I returned to the Dargah for my last day of work, filled with the confidence of cultural immersion and new photographic prowess. I happened upon a refuge from the anarchic and cacophonous setting of the shrine, a little cemetery where a pilgrim was placing flower petals on the tiny tombs. I trailed the ancient man in his quiet act of devotion, compelling myself to trace his exact steps, adopt his state of focused piety, and observe every delicate movement of his dry, wrinkled hands. A khadim sat cross-legged on a carpeted perch to the edge of the graves. “What is your religion sister?” he called to me. The voice seemed to me an echo, jolting me out of my shared moment with the old pilgrim. The question registered, and I responded hastily, “I am Christian.” “Very good. It does not matter your religion. We have here Hindus, Muslims, Sikhs, Parsis, Yehudis,” he announced.
Yehudis. Jews. Instantaneously, I desperately regretted my lie. My self-denial was clawing at my insides, and I felt the words pounding on my lips and teeth. I wanted to shout, “I am a Yehudi! I am one of them. I represent those people!” Instead, I remained silent. The cost of my silence amassed with the vengeance of my questions. Was this espousal of tolerance merely a canned value unearthed for the benefit of spectators? Was it a practiced truth tested daily by the constant flux of diverse pilgrims? Was it a test of identity and personal integrity?
A week after my departure from Ajmer, I received a request from Anas to become friends on Facebook. My profile lists my religious views as “Jewish.” No denial. I was paying the debt to my identity, embracing it unapologetically. But somehow, I was still concerned about Anas’ reaction. Days passed before I finally clicked on “Accept Friend Request.” Perhaps Anas never saw my proclamation of identity. Perhaps he saw it, but had suspected it all along. Perhaps he saw it and was shocked. Whatever his response, he never said a word.
I can not believe your courage my sweetheart. I love you
soooooooooooo much
from your unc who loves you that much
Brittany, I have been percolating on this since I read it yesterday. I was so moved by both the content and the quality of the writing. I am thinking of you in Ireland! Be safe.

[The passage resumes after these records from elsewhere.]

//! A source and a sink in memory.
ghost use Rattle.std.specs.Prelude.{
  ◌≡◌,
  ◌<◌,
  ◌≤◌,
  ◌+◌,
  ◌++◌,
  [],
  Some,
  true,
  false,
  is_err,
  IsErr,
  min,
  take,
  drop,
  length,
  IfOk,
};
ghost use Rattle.io_gate.specs.Streams.{HasCause, TakesAtMost, TakesFirst, TakesSome, KeepsRest, PutsSome, PutsPrefix};
ghost use Rattle.io_gate.specs.Calls.{counts_if};
ghost use Rattle.io_gate.specs.Calls.{is_due, uncalled, after_call};
ghost use Rattle.io_gate.specs.Memory.{portion};

use crate::calls::FailingCalls;
use crate::streams::{Failed, Sink, Source};
use std::alloc::Global;
use std::marker::Model;

/// Bytes that are given out in order, at most so many at a time.
#[derive(Drop)]
pub struct Stock {
    bytes: Vec<u8>,
    at: usize,
    most: usize,
}

impl Model for Stock {
    ghost use Rattle.std.specs.Prelude.{◌≤◌, drop, vec_len};
    ghost use Rattle.io_gate.specs.Memory.{Supplied, coded_supplied};

    ghost Value = { Supplied };

    ghost coded = { coded_supplied };

    ghost view = { λ s. record { left = drop s.at s.bytes.items; most = s.most } };

    ghost invariant = { λ s. (s.at ≤ vec_len s.bytes) × (1 ≤ s.most) };
}

impl Stock {
    /// These bytes, of which one call gives `most` at most.
    pub fn new(bytes: Vec<u8>, most: usize) -> Self
        requires { 1 ≤ most }
        ensures { result ≡ record { left = bytes.items; most = most } }
    {
        Stock { bytes, at: 0, most }
    }

    /// Fills the first bytes of `into` with the first that are left, as many as it may.
    pub fn give(&mut self, into: &mut [u8]) -> usize
        ensures count { result ≡ portion self.old (length into.old) }
        ensures left { self.new ≡ record { left = drop result self.old.left; most = self.old.most } }
        ensures into { into.new ≡ take result self.old.left ++ drop result into.old }
        ensures most { 1 ≤ self.old.most }
    {
        let rest = &self.bytes[self.at..];
        let count = self.most.min(rest.len()).min(into.len());
        into[..count].copy_from_slice(&rest[..count]);
        self.at += count;
        count
    }
}

/// A source that gives bytes from memory. Some of its calls fail, by their numbers.
#[derive(Drop)]
pub struct MemSource {
    stock: Stock,
    calls: FailingCalls,
}

impl Model for MemSource {
    ghost use Rattle.io_gate.specs.Memory.{Supply, coded_supply};

    ghost Value = { Supply };

    ghost coded = { coded_supply };

    ghost view = { λ s. record { stock = s.stock; calls = s.calls } };
}

impl MemSource {
    /// A source of these bytes. It gives at most `most` bytes a call, and the calls whose numbers,
    /// counted from 0, stand in `fails` fail.
    pub fn new(bytes: Vec<u8>, most: usize, fails: Vec<u64>) -> MemSource
        requires { 1 ≤ most }
        ensures left { result.stock.left ≡ bytes.items }
        ensures most { result.stock.most ≡ most }
        ensures calls { result.calls ≡ uncalled fails.items }
    {
        MemSource {
            stock: Stock::new(bytes, most),
            calls: FailingCalls::new(fails),
        }
    }
}

impl Source for MemSource {
    ghost left = { λ s. Some s.stock.left };

    ghost faults = { λ s. s.calls.faults };

    fn take(&mut self, into: &mut [u8]) -> Result<usize, Failed>
        requires { 0 < length into.old }
        ensures count { TakesAtMost result into.old }
        ensures bytes { TakesFirst (Some self.old.stock.left) (Some self.new.stock.left) into.new result }
        ensures some { TakesSome (Some self.old.stock.left) result }
        ensures rest { KeepsRest into.old into.new result }
        ensures cause { HasCause self.old.calls.faults self.new.calls.faults result }
        ensures fails { is_err result ≡ is_due self.old.calls }
        ensures calls { self.new.calls ≡ after_call (is_err result) self.old.calls }
        ensures portion { IfOk result (λ n. n ≡ portion self.old.stock (length into.old)) }
        ensures most { self.new.stock.most ≡ self.old.stock.most }
    {
        self.calls.call()?;
        Ok(self.stock.give(into))
    }
}

/// A sink that keeps in memory what it is given. Some of its calls fail, by their numbers.
#[derive(Drop)]
pub struct MemSink {
    bytes: Vec<u8>,
    most: usize,
    calls: FailingCalls,
    wanting: u64,
}

impl Model for MemSink {
    ghost use Rattle.std.specs.Prelude.{◌≤◌};
    ghost use Rattle.io_gate.specs.Memory.{Drain, coded_drain};

    ghost Value = { Drain };

    ghost coded = { coded_drain };

    ghost view = { λ s. record { held = s.bytes.items; most = s.most; calls = s.calls; wanting = s.wanting } };

    ghost invariant = { λ s. 1 ≤ s.most };
}

impl MemSink {
    /// A sink that holds nothing. It accepts at most `most` bytes a call, and the calls whose
    /// numbers, counted from 0, stand in `fails` fail.
    pub fn new(alloc: Global, most: usize, fails: Vec<u64>) -> MemSink
        requires { 1 ≤ most }
        ensures held { result.held ≡ [] }
        ensures most { result.most ≡ most }
        ensures calls { result.calls ≡ uncalled fails.items }
        ensures wanting { result.wanting ≡ 0 }
    {
        MemSink {
            bytes: Vec::new(alloc),
            most,
            calls: FailingCalls::new(fails),
            wanting: 0,
        }
    }

    /// All bytes so far.
    pub fn kept(&self) -> &[u8]
        ensures { result.now ≡ self.now.held }
    {
        &self.bytes
    }

    /// How often memory was wanting, up to 2^64 - 1.
    pub fn wanting(&self) -> u64
        ensures { result ≡ self.now.wanting }
    {
        self.wanting
    }
}

impl Sink for MemSink {
    ghost held = { λ s. Some s.held };

    ghost faults = { λ s. s.calls.faults };

    fn put(&mut self, piece: &[u8]) -> Result<usize, Failed>
        requires { 0 < length piece.now }
        ensures some { PutsSome result piece.now }
        ensures bytes { PutsPrefix (Some self.old.held) (Some self.new.held) piece.now result }
        ensures cause { HasCause self.old.calls.faults self.new.calls.faults result }
        ensures portion { IfOk result (λ n. n ≡ min self.old.most (length piece.now)) }
        ensures due { is_due self.old.calls ≡ true → IsErr result × (self.new.wanting ≡ self.old.wanting) }
        ensures wanting { is_due self.old.calls ≡ false
            → self.new.wanting ≡ counts_if (is_err result) self.old.wanting }
        ensures calls { self.new.calls ≡ after_call (is_err result) self.old.calls }
        ensures most { self.new.most ≡ self.old.most }
    {
        self.calls.call()?;
        let count = self.most.min(piece.len());
        if self.bytes.extend_from_slice(&piece[..count]).is_err() {
            self.wanting = self.wanting.saturating_add(1);
            self.calls.count_fault();
            return Err(Failed);
        }
        Ok(count)
    }
}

Sorry it has taken me so long to get to reading your entries. I feel bad that I haven’t commented upon or recognized your amazing and truly inspiring writings. I will most certainly be subscribing so I can keep up to date on more upcoming entries. I love you and miss you, but take great pride in having a sister who takes such pride in who she is and has such a drive to explore and love life across the globe.